In lecture 7 we implemented the Metropolis-Hastings simulation of a lattice scalar field using the following code:
import numpy as np
rng = np.random.default_rng()
import matplotlib.pylab as plt
%matplotlib inline
def potential_v(x,lamb):
'''Compute the potential function V(x).'''
return lamb*(x*x-1)*(x*x-1)+x*x
def neighbor_sum(phi,s):
'''Compute the sum of the state phi on all 8 neighbors of the site s.'''
w = len(phi)
return (phi[(s[0]+1)%w,s[1],s[2],s[3]] + phi[(s[0]-1)%w,s[1],s[2],s[3]] +
phi[s[0],(s[1]+1)%w,s[2],s[3]] + phi[s[0],(s[1]-1)%w,s[2],s[3]] +
phi[s[0],s[1],(s[2]+1)%w,s[3]] + phi[s[0],s[1],(s[2]-1)%w,s[3]] +
phi[s[0],s[1],s[2],(s[3]+1)%w] + phi[s[0],s[1],s[2],(s[3]-1)%w] )
def scalar_action_diff(phi,site,newphi,lamb,kappa):
'''Compute the change in the action when phi[site] is changed to newphi.'''
return (2 * kappa * neighbor_sum(phi,site) * (phi[site] - newphi) +
potential_v(newphi,lamb) - potential_v(phi[site],lamb) )
def scalar_MH_step(phi,lamb,kappa,delta):
'''Perform Metropolis-Hastings update on state phi with range delta.'''
site = tuple(rng.integers(0,len(phi),4))
newphi = phi[site] + rng.uniform(-delta,delta)
deltaS = scalar_action_diff(phi,site,newphi,lamb,kappa)
if deltaS < 0 or rng.uniform() < np.exp(-deltaS):
phi[site] = newphi
return True
return False
def run_scalar_MH(phi,lamb,kappa,delta,n):
'''Perform n Metropolis-Hastings updates on state phi and return number of accepted transtions.'''
total_accept = 0
for _ in range(n):
total_accept += scalar_MH_step(phi,lamb,kappa,delta)
return total_accept
def batch_estimate(data,observable,k):
'''Devide data into k batches and apply the function observable to each.
Returns the mean and standard error.'''
batches = np.reshape(data,(k,-1))
values = np.apply_along_axis(observable, 1, batches)
return np.mean(values), np.std(values)/np.sqrt(k-1)
lamb = 1.5
kappas = np.linspace(0.08,0.18,11)
width = 3
num_sites = width**4
delta = 1.5 # chosen to have ~ 50% acceptance
equil_sweeps = 1000
measure_sweeps = 2
measurements = 2000
mean_magn = []
for kappa in kappas:
phi_state = np.zeros((width,width,width,width))

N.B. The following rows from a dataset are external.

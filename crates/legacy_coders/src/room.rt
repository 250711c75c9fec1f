//! Room for lists of pairs.
ghost use Rattle.std.specs.Prelude.{◌≡◌, replicate, IfOk};

use legacy_encoder_engine::cached::PAIR_ROOM;
use std::alloc::{AllocError, Global};

/// Allocates room for the pairs of a `ListedEncoder`: `PAIR_ROOM` entries, 128 KB.
///
/// All entries are 0. The only error is that the allocation failed.
pub fn pair_room(alloc: Global) -> Result<Vec<u16>, AllocError>
    ensures { IfOk result (λ room. room.items ≡ replicate 65536 0) }
{
    let room = vec![in alloc; 0; PAIR_ROOM]?;
    Ok(room)
}
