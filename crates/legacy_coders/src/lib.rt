//! Coders of an encoding that is chosen when the program runs.
//!
//! Each coder is itself a `RawDecoder` or a `RawEncoder`, so every call of `legacy_codecs` takes it. The crate uses
//! the chapters alone, so that it is proved beside `legacy_codecs`.
#![tactic(auto)]

mod coders;
mod listed;
mod queries;
mod room;
mod tasks;

pub use coders::{AnyDecoder, AnyEncoder};
pub use listed::{ListedEncoder, has_pairs};
pub use room::pair_room;
pub use tasks::{DecoderTask, EncoderTask};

run_scalar_MH(phi_state,lamb,kappa,delta,equil_sweeps * num_sites)
magnetizations = np.empty(measurements)
for i in range(measurements):
run_scalar_MH(phi_state,lamb,kappa,delta,measure_sweeps * num_sites)
magnetizations[i] = np.mean(phi_state)
mean, err = batch_estimate(np.abs(magnetizations),lambda x:np.mean(x),10)
mean_magn.append([mean,err])
plt.errorbar(kappas,[m[0] for m in mean_magn],yerr=[m[1] for m in mean_magn],fmt='-o')
plt.xlabel(r"$\kappa$")
plt.ylabel(r"$|m|$")
plt.title(r"Absolute field average on $3^4$ lattice, $\lambda = 1.5$")
plt.show()
The goal will be to reproduce and extend its output.
(a) Turn the simulation into a standalone script latticescalar.py (similar to ising.py) that takes the relevant parameters e.g.
$ python3 latticescalar.py -l 1.5 -k 0.12 -w 3 -n 1000
for \(\lambda=1.5\), \(\kappa=0.12\), \(w=3\), and \(1000\) measurements, together with optional parameters \(\delta\) and numbers of sweeps, as command line arguments and stores the relevant simulation outcomes in an hdf5-file.
(b) Write a bash script job_latticescalar.sh that submits an array job to the cluster for \(w=3\) and \(2000\) measurements and \(\lambda = 1.0, 1.5, 2.0\) and \(\kappa = 0.08, 0.09, ..., 0.18\) (so 33 simulations in total). Submit the job to the hefstud slurm partition (do not run all 33 in parallel).
(c) Load the stored data into this notebook and reproduce the plot above (with \(\lambda = 1\) and \(\lambda=2\) added).